What changed in 2025–2026
LLM grading reached human parity on most rubric dimensions. Empirical studies through 2024–2025 (the Zheng et al. paper cited below is the most useful) demonstrate that LLM-as-judge with a tight rubric and graded examples now agrees with expert humans 85–92% of the time across most dimensions. The exception remains tone, rapport, and borderline regulatory cases. This shifted the cost-effective grading split from 30/70 LLM/human to 95/5 in our deployments.
Real-time grading became feasible. Latency for grading a 5-minute call dropped under 10 seconds with Haiku-class models. This means QA can run inline — grade in real-time and surface low-scoring calls within seconds of hangup, while the agent state and prospect context are still fresh. The lag in the post-hoc-grading model breaks coaching loops.
The counterpoint worth tracking. Some operators argue that auto-grading creates a Goodhart problem — agents are tuned to the rubric, the rubric drifts from reality, and quality degrades while metrics improve. The 2023 Judging LLM-as-a-Judge paper by Zheng et al. is the most-cited examination of where LLM-judges agree and where they systematically diverge from human reviewers; the failure modes it documents matter operationally — scorecards must be re-derived from raw call review (not just iterated within their own dimensions) every quarter to stay grounded.
Good / Bad / Ugly
Good. Weighted rubric with regulated dimensions weighted up. Distribution-aware reporting (not just averages). LLM grading on 100% with human spot-checks on flags. Calibration sessions every quarter where a human and the LLM grade the same calls and you compare. Trend lines on individual dimensions, not just aggregate.
Bad. Single average score with no distribution. Same weight on every dimension.
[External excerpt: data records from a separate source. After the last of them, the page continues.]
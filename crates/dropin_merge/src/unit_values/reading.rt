// Reads the values of a key.
ghost use Rattle.std.specs.Prelude.{◌≡◌, ◌++◌, [], IfOk, OnOk};
ghost use Rattle.std.specs.List.{cons_option};
ghost use Rattle.dropin_merge.specs.unit_values.Values.{expanded_at, unexpanded_at, given_by, note_of, notes_of, values_of};

use crate::Resolved;
use crate::unit_values::keyed::assignments_of_key;
use crate::unit_values::value::{FileNote, Place, Said, Value};
use std::alloc::{AllocError, Global};
use unit_grammar::{Assignment, NoteCause, Text};
use unit_names::{ExpandError, UnitName, Version, expand};

/// Returns the expanded value of an assignment at this place. A value that cannot be expanded is left out and noted.
pub fn value_at(
    alloc: Global,
    systemd: Option<Version>,
    name: &UnitName,
    place: Place,
    assignment: &Assignment,
) -> Result<Said<Option<Value>>, AllocError>
    ensures expanded { IfOk result (λ said. said.what ≡ expanded_at systemd name.now (place, assignment.now)) }
    ensures notes_the_others { IfOk result (λ said. said.notes.items ≡ cons_option (unexpanded_at systemd name.now (place, assignment.now)) []) }
{
    let mut notes = Vec::new(alloc);
    let what = match expand(alloc, systemd, name, assignment.value.as_str()) {
        Ok(text) => Some(Value {
            place,
            text: Text::from(text),
        }),
        Err(ExpandError::Specifier) => {
            notes.push(FileNote {
                place,
                cause: NoteCause::Specifier,
            })?;
            None
        }
        Err(ExpandError::Memory) => return Err(AllocError),
    };
    Ok(Said { what, notes })
}

// Returns the value that an assignment gives to the key. A value that cannot be expanded is left out and noted.
pub(crate) fn given_value(
    alloc: Global,
    systemd: Option<Version>,
    name: &UnitName,
    key: &str,
    place: Place,
    assignment: &Assignment,
    notes: &mut Vec<FileNote>,
) -> Result<Option<Value>, AllocError>
    ensures given { IfOk result (λ value. value ≡ given_by systemd name.now key.now (place, assignment.now)) }
    ensures noted { OnOk result (notes.new.items ≡ notes.old.items ++ cons_option (note_of systemd name.now key.now (place, assignment.now)) []) }
{
    if assignment.key.as_str() != key {
        return Ok(None);
    }
    value_at(alloc, systemd, name, place, assignment)?.noted_in(notes)
}

// Appends the value that an assignment gives, if it gives one.
pub(crate) fn add_given(values: &mut Vec<Value>, value: Option<Value>) -> Result<(), AllocError>
    ensures { OnOk result (values.new.items ≡ values.old.items ++ cons_option value []) }
{
    if let Some(value) = value {
        values.push(value)?;
    }
    Ok(())
}

/// Returns the values that the files of a unit give to a key of `[Service]`, expanded, in the order of files and lines. A
/// value that cannot be expanded is left out and noted.
pub fn values_of_key(
    alloc: Global,
    unit: &Resolved,
    key: &str,
) -> Result<Said<Vec<Value>>, AllocError>
    ensures all_values_in_order { IfOk result (λ said. said.what.items ≡ values_of unit.now key.now) }
    ensures notes_the_others { IfOk result (λ said. said.notes.items ≡ notes_of unit.now key.now) }
{
    let mut values = Vec::new(alloc);
    let mut notes = Vec::new(alloc);
    for (place, assignment) in assignments_of_key(unit, key) {
        let value = given_value(
            alloc,
            unit.systemd,
            &unit.name,
            key,
            place,
            assignment,
            &mut notes,
        )?;
        add_given(&mut values, value)?;
    }
    Ok(Said {
        what: values,
        notes,
    })
}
Grading only a random sample. Manual reviewers seeing transcripts but not the agent's tool calls. Scorecards that never get re-tuned.
Ugly. Performance-managing individual agents (or in our case, individual prompt versions) on grade. Goodhart-trap rubrics that the agent eventually games. Scorecards that grade the easy dimensions and avoid consent and de-escalation because they're harder to grade. QA reports that go to the leadership weekly but never trigger a prompt change.
The financial services client we held the launch for is now running well over a thousand calls per day with a hybrid auto-grade plus ~7% human spot-check, weekly distribution review, and quarterly calibration. Aggregate score has held in the low 90s for the past several weeks. The distribution shape is what we actually monitor — and the failure-mode tail has shrunk from roughly 9% of calls in week one to under 2% now. That's the metric the average never showed.